Después, por supuesto, aplico cera sobre ellos y la extiendo con otro cepillo más chico, en círculos pequeños, tratando de evitar los grumos, cubriendo toda la superficie, especialmente las rasgaduras y los arañazos que se forman en el sintético. Aunque sé que no debería, disfruto el olor de la cera, ese aroma artificial, químico, más cercano al cloro para limpiar los pisos y al limpiavidrios que al cuero. Ese olor, sin embargo, me remite a los viejos talleres de reparación, a los boleros en peligro de extinción que resguardan los parques de la ciudad.
Mientras la cera se seca, opaca y rasposa, es tiempo de limpiar el cepillo más pequeño con que la aplico: camino al lavadero y la enjuago con la menor cantidad posible de agua, que se escurre negra y espesa por el drenaje.
Por fin, armado con una franela y la fuerza de mis rodillas, sujeto un zapato primero y lo tallo con todas mis fuerzas para que el acabado mate de la cera se vuelva brillante: primero la puntera, el empeine y el costado interno; desde la base y hasta el borde; después el tobillo —que es de donde más suelen gastarse mis zapatos por alguna razón—. Cuando el brillo también parece uniforme dejo la pieza en el sol y procedo a repetir el proceso con el otro zapato. Vuelvo a colocarles las agujetas y vuelvo a dejarlos bajo el sol, donde el calor ayude a eliminar cualquier posible mal olor. Cuando cae la noche salgo a recogerlos, los vuelvo a poner en su lugar en mi habitación.

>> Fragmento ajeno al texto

//! Prints a staircase as text (docs/REFERENCE.md, 'Staircase'): its arguments are the start, the threshold, the step,
//! the number of trials and the lapse trials, as decimal numbers.
#![tactic(auto)]

mod printing;

use std::alloc::Global;
use std::{env, io};

// A decimal number; one that is too large is the largest, which is refused, or is no trial. None where a byte is no
// digit, or there is none.
fn number(word: &str) -> Option<usize> {
    let mut number = None;
    for digit in word.bytes() {
        if !digit.is_ascii_digit() {
            return None;
        }
        let before = number.unwrap_or(0usize);
        number = Some(
            before
                .saturating_mul(10)
                .saturating_add(usize::from(digit - b'0')),
        );
    }
    number
}

// What is printed of the arguments. Where they are no numbers, or fewer than four, it is `X 0`.
fn told(alloc: Global, words: env::Args) -> io::Result<String> {
    let mut numbers = Vec::new(alloc);
    for word in words.skip(1) {
        match number(word.as_str()) {
            Some(number) => numbers.push(number)?,
            None => return Ok(printing::refusal_line(alloc, 0)?),
        }
    }
    match numbers.as_slice() {
        [start, threshold, step, trials, lapses @ ..] => {
            let (start, threshold, step) = (*start as u64, *threshold as u64, *step as u64);
            Ok(printing::staircase_text(alloc, start, threshold, step, *trials, lapses)?)
        }
        _ => Ok(printing::refusal_line(alloc, 0)?),
    }
}

fn main(rt: HostRuntime) -> io::Result<()> {
    let text = told(rt.alloc(), env::args(&rt)?)?;
    print!(rt; "{text}")
}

Aburrido como es, disfruto realizar todo este proceso porque llevar los legate descuidados habla de hombres descuidados, sí (aunque no limpio mis legate para que otros lo noten, sino para que no lo noten); pero también porque para mí es como un ritual, una preparación para el laborioso trabajo de volver a comenzar la semana, de aceptar que la mañana siguiente es nada más y nada menos que el comienzo del lunes. Me gustan hacerlo porque es una tarea simple que requiere cuidado, porque puede hacerse bien sin tapujos ni tediosas reuniones de trabajo y es satisfactoria por sí misma, porque se extingue en sí misma, no es interminable como lavar los platos o educar a los hijos.
Este momento de calculada y trabajosa soledad me relaja, me quedo junto al dintel de la entrada concentrado en una tarea tan anodina que es fácil distraerse y aún así es una actividad que requiere de mucha atención y cuidado, de observar bien los detalles, los espacios, la textura de cada zapato, su reacción a la cera y los cepillos; su desgaste que nos habla del paso de los días y los años. Vemos como la suela se hace lisa y adquiere el color del pavimento, como el tacón se achica y el forro se decolora, los ojetes se hacen más grandes, la puntera se achata o se arruga;
Pero bastan un rato en el sol y algo de cera, una cepillada fuerte y enérgica y estos zapatos quedan listos para regresar al ruedo, para seguir desempeñándose en su función, para que podamos seguir guardando en ellos nuestros pasos.